The set of files in the editor is the set of files the builder Job sees. Anything not in the editor is not in the build.

Multi-file layouts by language

  • Go: any .go file at the module root, plus a go.mod. Subdirectories work if you configure them in go.mod as packages.
  • JS: index.js is the entrypoint. Add helper .js files and import them. Add deps to package.json and the builder will npm install before compiling.
  • TS: index.ts is the entrypoint. Same story as JS with TypeScript compilation on top.
  • Rust: lib.rs is the entrypoint. Add Cargo.toml deps or additional .rs files. The scaffold sets crate name to scaffold; don't change that (the CP synthesizes source = "target/wasm32-wasip2/release/scaffold.wasm").

Import / export

Every function page has Import .tar.gz and Export .tar.gz buttons. Export gives you the exact set of files the builder would see. Import replaces the file set atomically.

bash
# Export
curl "http://localhost:8080/api/v1/applications/$APP/functions/$FN/source.tar.gz" -o fn.tgz

# Import (multipart form; a curl example lives in the reference doc)
curl -X POST "http://localhost:8080/api/v1/applications/$APP/functions/$FN/source.tar.gz" \
  -F 'archive=@fn.tgz'

Where routes come from

Every Function has a route field. The default is /... (wildcard — catches everything). Change it on the function page (click edit next to the route pill). New routes take effect on the next build — the current pod keeps serving the old routing table until it's replaced.

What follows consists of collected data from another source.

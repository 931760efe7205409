//! The two ways in which tables are merged into others.

/// How tables that are merged into others are related to these.
#[derive(Clone, Copy, PartialEq, Eq, Debug)]
pub enum Neighbor {
    /// They have the steps that follow directly, in the same queue.
    Newer,
    /// They are those of the append queue; the others are those of the rewrite queue.
    Appended,
}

Multi-function apps use disjoint route prefixes. Example:

  • greeter: route = "/hello/..."
  • farewell: route = "/bye/..."

Spin's internal router matches the longest prefix, so /hello/world goes to greeter and /bye/soon goes to farewell.

SDK docs

SpinUP uses Spin's SDKs unchanged. For full API references:

Language pages under https://spinframework.dev/v3/ cover key/value, SQLite, Redis, Postgres, LLM, and outbound HTTP components — all usable from SpinUP functions as long as you configure allowed_outbound_hosts in the source (Spin's rule) and the target hosts are reachable from your cluster.

Alpha — API and chart values may change.